Reference interval cut-points for general diagnostic screening are usually determined by a methodology unrelated to medical outcomes: the central 95% of test values for a “healthy” cohort are defined as being the “Reference Interval” and the other 5% are flagged as “Low” or “High” to guide the physician and patient. There are many problems with this method, including difficulty of identifying a healthy cohort, assembling the number of subjects required for statistical power, and the indefensible and self-contradictory logic of flagging as abnormal those beyond arbitrary limits when the entire cohort was defined as healthy.

These problems arise from an antiquated methodology, established in an era long before access to electronic medical records (EMR). We propose a replacement methodology from perspectives of modern informatics and clinical chemistry, associating risk of patient outcomes with analyte test results. Gathering tests and outcomes from whole populations via hospitals’ EMR’s, we avoid problems of defining a “healthy” population, relying instead upon the analysis of big data to determine clinically-safe reference interval cut-points.

We have studied last in-hospital test results for serum potassium, sodium, and chloride (K, Na, Cl) for data from several medical centers, with over 400, 000 total cases.  For each analyte, we calculated an Outcome Risk function:

OR(x) = (ONOwithinDx) / (ONOwithoutDx)

where             ONOwithinDx  = odds of Negative Outcome for test results within Dx;

ONOwithoutDx = odds of Negative Outcome for those not within Dx;

x = mean value of test results within an interval Dx;

Negative Outcome = all-cause in-hospital mortality.

We found risk of mortality to be below average within these analyte intervals:

K = 3.4 to 4.4 mEq/L;   Na = 136 to 144 mEq/L;   Cl = 100 to 109 mEq/L.

In other words, we are suggesting that any test result associated with an outcome ratio which places the patient at or below average risk of mortality for all patients who took the same test, i.e., where the OR is less than or equal to 1, would be considered acceptable. This would be the standard independent of analyte tested, and gives rise to the intervals cited above.

Since we provide evidence-based risk estimates (mortality odds ratios) for values outside of these cut-points, the "new" outcome-based reference interval, along with a patient's result and its associated odds ratio will be displayed on patient reports so that the physician ordering the test can interpret the result. For example, a Serum Sodium test result of 132 mEq/L has an odds ratio of 2.0 compared with the average, while the risk at 145 is 3.0 times the average.
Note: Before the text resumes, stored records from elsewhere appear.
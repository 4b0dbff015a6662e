//! The edges of a few seeds, by the ends of their vertices.
ghost use Rattle.std.specs.Prelude.{◌≡◌, ℕ, ◌==◌, ◌≤◌, ◌||◌, ◌++◌, ◌∷◌, [], filter, nat_eq, length, if◌then◌else◌, IfOk, OnOk};
ghost use Rattle.std.specs.HashSet.{contains};
ghost use Rattle.gj_base.specs.declared.side.Side.TheVariants as sides;
ghost use Rattle.gj_base.specs.Edges.{stands_in, edges_of};
ghost use Rattle.gj_subgraph.specs.Masses.{count_of, users_of, posts_of};
ghost use Rattle.gj_subgraph.specs.Regrouped.{far_at, ends_at, HaveSameEdges};

use crate::number::push;
use gj_base::{Graph, Mask, Memory, Side};
use std::alloc::Global;
use std::collections::HashSet;

/// Edges: of each its vertex on a side, and its vertex across.
#[derive(Drop)]
pub struct Edges {
    pub near: Vec<u64>,
    pub far: Vec<u64>,
}

impl Edges {
    fn new(alloc: Global) -> Edges
        ensures near { result.near.items ≡ [] }
        ensures far { result.far.items ≡ [] }
    {
        Edges {
            near: Vec::new(alloc),
            far: Vec::new(alloc),
        }
    }

    /// Puts an edge behind the others.
    fn push(&mut self, near: u64, far: u64) -> Result<(), Memory>
        ensures near { OnOk result (self.new.near.items ≡ self.old.near.items ++ near ∷ []) }
        ensures far { OnOk result (self.new.far.items ≡ self.old.far.items ++ far ∷ []) }
    {
        push(&mut self.near, near)?;
        push(&mut self.far, far)
    }
}

/// Puts the eligible interactions of a user behind the other edges.
fn add_ends<G: Graph>(graph: &G, user: u64, mask: Mask, edges: &mut Edges) -> Result<(), Memory>
    requires lined { length edges.old.near.items ≡ length edges.old.far.items }
    ensures lined { OnOk result (length edges.new.near.items ≡ length edges.new.far.items) }
    ensures ends { OnOk result ((u : ℕ) → far_at edges.new.near.items edges.new.far.items u
        ≡ far_at edges.old.near.items edges.old.far.items u ++ (if user == u then ends_at (G.shown graph.now).items sides.User user mask else [])) }
{
    for i in 0..graph.count(Side::User, user, mask) {
        let (post, _kind) = graph.edge(Side::User, user, mask, i);
        edges.push(user, post)?;
    }
    Ok(())
}

/// Puts an edge of a post behind the others, where it leads to a seed.
fn keep_end(post: u64, user: u64, seeds: &HashSet<u64>, edges: &mut Edges) -> Result<(), Memory>
    ensures near { OnOk result (edges.new.near.items ≡ (if contains nat_eq seeds.now user then edges.old.near.items ++ post ∷ [] else edges.old.near.items)) }
    ensures far { OnOk result (edges.new.far.items ≡ (if contains nat_eq seeds.now user then edges.old.far.items ++ user ∷ [] else edges.old.far.items)) }
{
    if seeds.contains(&user) {
        edges.push(post, user)?;
    }
    Ok(())
}

/// Puts the eligible interactions of a post with seeds behind the other edges.
fn add_seed_ends<G: Graph>(
    graph: &G,
    post: u64,
    mask: Mask,
    seeds: &HashSet<u64>,
    edges: &mut Edges,
) -> Result<(), Memory>
    requires lined { length edges.old.near.items ≡ length edges.old.far.items }
    ensures lined { OnOk result (length edges.new.near.items ≡ length edges.new.far.items) }
    ensures ends { OnOk result ((p : ℕ) → far_at edges.new.near.items edges.new.far.items p
        ≡ far_at edges.old.near.items edges.old.far.items p
        ++ (if post == p then filter (contains nat_eq seeds.now) (ends_at (G.shown graph.now).items sides.Post post mask) else [])) }
{
    for i in 0..graph.count(Side::Post, post, mask) {
        let (user, _kind) = graph.edge(Side::Post, post, mask, i);
        keep_end(post, user, seeds, edges)?;
    }
    Ok(())
}

/// Puts the seed into the set.
fn add_seed(set: &mut HashSet<u64>, seed: u64) -> Result<(), Memory>
    ensures { OnOk result ((user : ℕ) → contains nat_eq set.new user ≡ (contains nat_eq set.old user || (seed == user))) }
{
    match set.insert(seed) {
        Ok(_) => Ok(()),
        Err(_) => Err(Memory),
    }
}

/// Puts the eligible interactions of a seed behind the other edges, unless the seed came before.
fn take_seed<G: Graph>(
    graph: &G,
    seed: u64,
    mask: Mask,
    set: &mut HashSet<u64>,
    edges: &mut Edges,
) -> Result<(), Memory>
    requires lined { length edges.old.near.items ≡ length edges.old.far.items }
    ensures lined { OnOk result (length edges.new.near.items ≡ length edges.new.far.items) }
    ensures set { OnOk result ((user : ℕ) → contains nat_eq set.new user ≡ (contains nat_eq set.old user || (seed == user))) }
    ensures ends { OnOk result ((u : ℕ) → far_at edges.new.near.items edges.new.far.items u
        ≡ (if contains nat_eq set.old seed then far_at edges.old.near.items edges.old.far.items u
        else far_at edges.old.near.items edges.old.far.items u ++ (if seed == u then ends_at (G.shown graph.now).items sides.User seed mask else []))) }
{
    if !set.contains(&seed) {
        add_ends(graph, seed, mask, edges)?;
    }
    add_seed(set, seed)
}

/// The edges of the subgraph, seed by seed, and the seeds as a set: one call of the graph a seed, and one an edge.
pub fn user_edges<G: Graph>(
    alloc: Global,
    graph: &G,
    seeds: &[u64],
    mask: Mask,
) -> Result<(Edges, HashSet<u64>), Memory>
    ensures set { IfOk result (λ r. (user : ℕ) → contains nat_eq r.1 user ≡ stands_in seeds.now user) }
    ensures same { let edges = edges_of (G.shown graph.now).items seeds.now mask in
        IfOk result (λ r. HaveSameEdges r.0.near.items r.0.far.items (users_of edges) (posts_of edges)) }
{
    let mut set = HashSet::new(alloc);
    let mut edges = Edges::new(alloc);
    for seed in seeds {
        take_seed(graph, *seed, mask, &mut set, &mut edges)?;
    }
    Ok((edges, set))
}

/// The edges of the subgraph, post by post: one call of the graph a post, and one for each of its ends.
pub fn post_edges<G: Graph>(
    alloc: Global,
    graph: &G,
    posts: &[u64],
    mask: Mask,
    seeds: &HashSet<u64>,
) -> Result<Edges, Memory>
    requires { (v : ℕ) → count_of posts.now v ≤ 1 }
    ensures lined { IfOk result (λ edges. length edges.near.items ≡ length edges.far.items) }
    ensures ends { IfOk result (λ edges. (p : ℕ) → far_at edges.near.items edges.far.items p
        ≡ (if stands_in posts.now p then filter (contains nat_eq seeds.now) (ends_at (G.shown graph.now).items sides.Post p mask) else [])) }
{
    let mut edges = Edges::new(alloc);
    for post in posts {
        add_seed_ends(graph, *post, mask, seeds, &mut edges)?;
    }
    Ok(edges)
}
This is much more informative than a simple “high” or “low” flag, and requires no regulatory changes, just a redefinition of “reference interval.”

We found similar cut-points with other Negative Outcomes, (e.g.,1-year post-discharge mortality; unfavorable discharge) and when using data from other medical centers. Our high serum potassium cut-point is much lower than the current standards (which vary from 5.1 to 5.4), but is in excellent agreement with recent clinical studies of AMI patients. We find risks with odds ratios from 2 to 4 within the distribution-based normal reference interval, between 4,8 and 5.4 mEq/L.

Our methodology allows reference interval cut-points to be generated by calculation of outcome risk functions, and implemented simply by spreadsheet in the lab from readily-available EMR data. This associates actual patient outcomes with analyte values. This has not been applied in any medical laboratory setting yet, so we ask: Do our AACC colleagues agree that replacing the current population-distribution method with this risk-function method will provide more meaningful guidelines from the lab to physicians? And if so, how do we get this implemented as the new paradigm?